Task instructions:
Lines from the beginning of the data below through the one containing "and Schweitzer, 2011)." are to be printed exactly as they appear.

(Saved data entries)
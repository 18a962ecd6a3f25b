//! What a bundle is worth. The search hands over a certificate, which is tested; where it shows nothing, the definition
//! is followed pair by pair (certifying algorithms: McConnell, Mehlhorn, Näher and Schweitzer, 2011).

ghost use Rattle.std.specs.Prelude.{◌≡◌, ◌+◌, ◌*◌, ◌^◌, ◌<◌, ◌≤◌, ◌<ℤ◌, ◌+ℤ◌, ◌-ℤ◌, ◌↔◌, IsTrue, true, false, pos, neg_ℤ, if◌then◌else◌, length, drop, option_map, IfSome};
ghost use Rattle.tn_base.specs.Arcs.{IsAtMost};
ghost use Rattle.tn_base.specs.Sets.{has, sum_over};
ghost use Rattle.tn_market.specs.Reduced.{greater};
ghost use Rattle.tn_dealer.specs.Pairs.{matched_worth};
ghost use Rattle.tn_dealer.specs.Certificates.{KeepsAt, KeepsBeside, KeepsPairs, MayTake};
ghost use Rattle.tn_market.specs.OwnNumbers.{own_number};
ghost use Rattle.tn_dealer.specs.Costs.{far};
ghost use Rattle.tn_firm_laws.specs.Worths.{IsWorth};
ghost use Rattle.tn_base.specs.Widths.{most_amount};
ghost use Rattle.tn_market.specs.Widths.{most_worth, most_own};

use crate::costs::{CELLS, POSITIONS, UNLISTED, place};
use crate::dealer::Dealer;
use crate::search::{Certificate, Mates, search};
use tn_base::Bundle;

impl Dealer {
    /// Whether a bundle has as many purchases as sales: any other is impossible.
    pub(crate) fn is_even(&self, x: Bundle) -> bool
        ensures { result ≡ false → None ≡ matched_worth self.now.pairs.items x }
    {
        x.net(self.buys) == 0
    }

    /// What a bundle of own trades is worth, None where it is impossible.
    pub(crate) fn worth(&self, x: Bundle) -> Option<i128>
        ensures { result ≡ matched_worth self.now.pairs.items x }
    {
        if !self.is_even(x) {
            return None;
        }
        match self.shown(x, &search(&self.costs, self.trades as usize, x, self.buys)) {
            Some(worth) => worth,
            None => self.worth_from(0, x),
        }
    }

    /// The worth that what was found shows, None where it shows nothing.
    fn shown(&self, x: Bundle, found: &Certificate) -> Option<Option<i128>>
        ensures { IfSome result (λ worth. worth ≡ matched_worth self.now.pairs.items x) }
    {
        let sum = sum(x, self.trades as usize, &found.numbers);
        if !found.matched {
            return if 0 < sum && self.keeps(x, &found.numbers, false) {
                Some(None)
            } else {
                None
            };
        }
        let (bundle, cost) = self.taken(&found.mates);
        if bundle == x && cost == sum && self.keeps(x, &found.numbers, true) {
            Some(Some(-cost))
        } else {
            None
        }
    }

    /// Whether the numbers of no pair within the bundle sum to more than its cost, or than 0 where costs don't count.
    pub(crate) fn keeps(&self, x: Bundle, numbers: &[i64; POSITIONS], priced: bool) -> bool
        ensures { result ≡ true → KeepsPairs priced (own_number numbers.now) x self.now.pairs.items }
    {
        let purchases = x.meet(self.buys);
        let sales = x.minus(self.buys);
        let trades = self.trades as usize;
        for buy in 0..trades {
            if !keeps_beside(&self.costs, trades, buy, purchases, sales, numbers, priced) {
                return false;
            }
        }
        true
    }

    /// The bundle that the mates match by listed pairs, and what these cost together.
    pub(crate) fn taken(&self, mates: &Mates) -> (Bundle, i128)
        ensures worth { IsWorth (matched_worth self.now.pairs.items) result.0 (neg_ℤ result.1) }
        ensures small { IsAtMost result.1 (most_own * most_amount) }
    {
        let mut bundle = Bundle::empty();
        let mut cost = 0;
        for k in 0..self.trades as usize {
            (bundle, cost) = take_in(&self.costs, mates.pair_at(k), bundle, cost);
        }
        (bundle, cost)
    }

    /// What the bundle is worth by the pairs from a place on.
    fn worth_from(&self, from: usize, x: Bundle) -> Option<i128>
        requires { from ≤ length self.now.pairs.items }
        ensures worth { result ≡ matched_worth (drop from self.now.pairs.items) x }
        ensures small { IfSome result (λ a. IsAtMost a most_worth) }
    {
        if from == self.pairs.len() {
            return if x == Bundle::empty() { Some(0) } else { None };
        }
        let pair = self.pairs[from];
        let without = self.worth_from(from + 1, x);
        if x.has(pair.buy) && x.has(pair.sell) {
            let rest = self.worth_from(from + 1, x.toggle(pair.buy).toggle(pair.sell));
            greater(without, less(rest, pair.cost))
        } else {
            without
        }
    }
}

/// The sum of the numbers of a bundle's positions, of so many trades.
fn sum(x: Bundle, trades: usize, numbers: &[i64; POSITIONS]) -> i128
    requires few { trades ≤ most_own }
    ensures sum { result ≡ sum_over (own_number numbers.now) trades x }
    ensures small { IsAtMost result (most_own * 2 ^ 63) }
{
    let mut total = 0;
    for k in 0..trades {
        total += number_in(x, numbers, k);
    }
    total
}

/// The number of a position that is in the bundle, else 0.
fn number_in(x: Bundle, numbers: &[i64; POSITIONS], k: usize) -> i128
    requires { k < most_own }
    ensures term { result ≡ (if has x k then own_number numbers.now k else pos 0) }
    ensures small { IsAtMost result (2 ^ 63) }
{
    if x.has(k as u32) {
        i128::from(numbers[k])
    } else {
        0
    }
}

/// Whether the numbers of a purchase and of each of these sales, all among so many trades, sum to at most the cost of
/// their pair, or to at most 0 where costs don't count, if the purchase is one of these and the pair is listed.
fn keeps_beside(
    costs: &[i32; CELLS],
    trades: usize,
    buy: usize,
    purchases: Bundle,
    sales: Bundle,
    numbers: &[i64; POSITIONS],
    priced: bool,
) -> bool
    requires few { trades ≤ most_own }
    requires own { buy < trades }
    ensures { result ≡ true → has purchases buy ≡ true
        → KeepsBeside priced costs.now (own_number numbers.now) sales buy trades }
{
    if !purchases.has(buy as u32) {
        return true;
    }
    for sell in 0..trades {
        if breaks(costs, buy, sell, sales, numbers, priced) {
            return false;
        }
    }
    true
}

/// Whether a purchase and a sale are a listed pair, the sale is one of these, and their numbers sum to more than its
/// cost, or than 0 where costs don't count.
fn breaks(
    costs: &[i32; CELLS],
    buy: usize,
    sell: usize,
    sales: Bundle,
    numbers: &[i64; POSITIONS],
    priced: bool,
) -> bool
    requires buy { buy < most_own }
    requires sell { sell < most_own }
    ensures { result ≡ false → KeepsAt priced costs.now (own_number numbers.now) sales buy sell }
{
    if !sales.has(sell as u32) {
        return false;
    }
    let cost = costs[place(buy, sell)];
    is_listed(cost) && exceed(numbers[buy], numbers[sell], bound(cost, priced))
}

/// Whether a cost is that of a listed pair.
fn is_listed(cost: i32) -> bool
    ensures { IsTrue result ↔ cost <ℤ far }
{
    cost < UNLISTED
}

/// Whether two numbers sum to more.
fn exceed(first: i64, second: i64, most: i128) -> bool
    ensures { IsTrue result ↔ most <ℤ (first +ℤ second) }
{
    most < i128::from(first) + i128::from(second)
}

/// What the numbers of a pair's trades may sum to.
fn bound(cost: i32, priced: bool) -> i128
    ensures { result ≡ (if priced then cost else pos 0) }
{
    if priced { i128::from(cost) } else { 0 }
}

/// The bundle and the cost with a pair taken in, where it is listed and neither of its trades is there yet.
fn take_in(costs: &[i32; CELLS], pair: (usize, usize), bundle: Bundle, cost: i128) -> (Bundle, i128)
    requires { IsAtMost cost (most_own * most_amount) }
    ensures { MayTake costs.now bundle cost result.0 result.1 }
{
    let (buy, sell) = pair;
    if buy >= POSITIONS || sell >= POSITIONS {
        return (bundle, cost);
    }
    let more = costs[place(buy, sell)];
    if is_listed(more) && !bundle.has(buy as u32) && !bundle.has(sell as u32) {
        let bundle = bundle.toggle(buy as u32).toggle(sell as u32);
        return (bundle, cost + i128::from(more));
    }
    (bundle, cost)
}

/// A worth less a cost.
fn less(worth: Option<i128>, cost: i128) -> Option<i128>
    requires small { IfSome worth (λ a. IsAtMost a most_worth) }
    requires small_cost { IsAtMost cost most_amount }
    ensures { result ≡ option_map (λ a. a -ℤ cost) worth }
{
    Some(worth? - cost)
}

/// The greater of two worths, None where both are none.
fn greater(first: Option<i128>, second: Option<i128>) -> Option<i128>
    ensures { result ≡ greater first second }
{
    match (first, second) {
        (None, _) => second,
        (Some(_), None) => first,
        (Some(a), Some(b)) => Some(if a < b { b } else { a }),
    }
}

Answer to the problem:
repository 18a962ecd6a3f25b
//! What a bundle is worth. The search hands over a certificate, which is tested; where it shows nothing, the definition
//! is followed pair by pair (certifying algorithms: McConnell, Mehlhorn, Näher and Schweitzer, 2011).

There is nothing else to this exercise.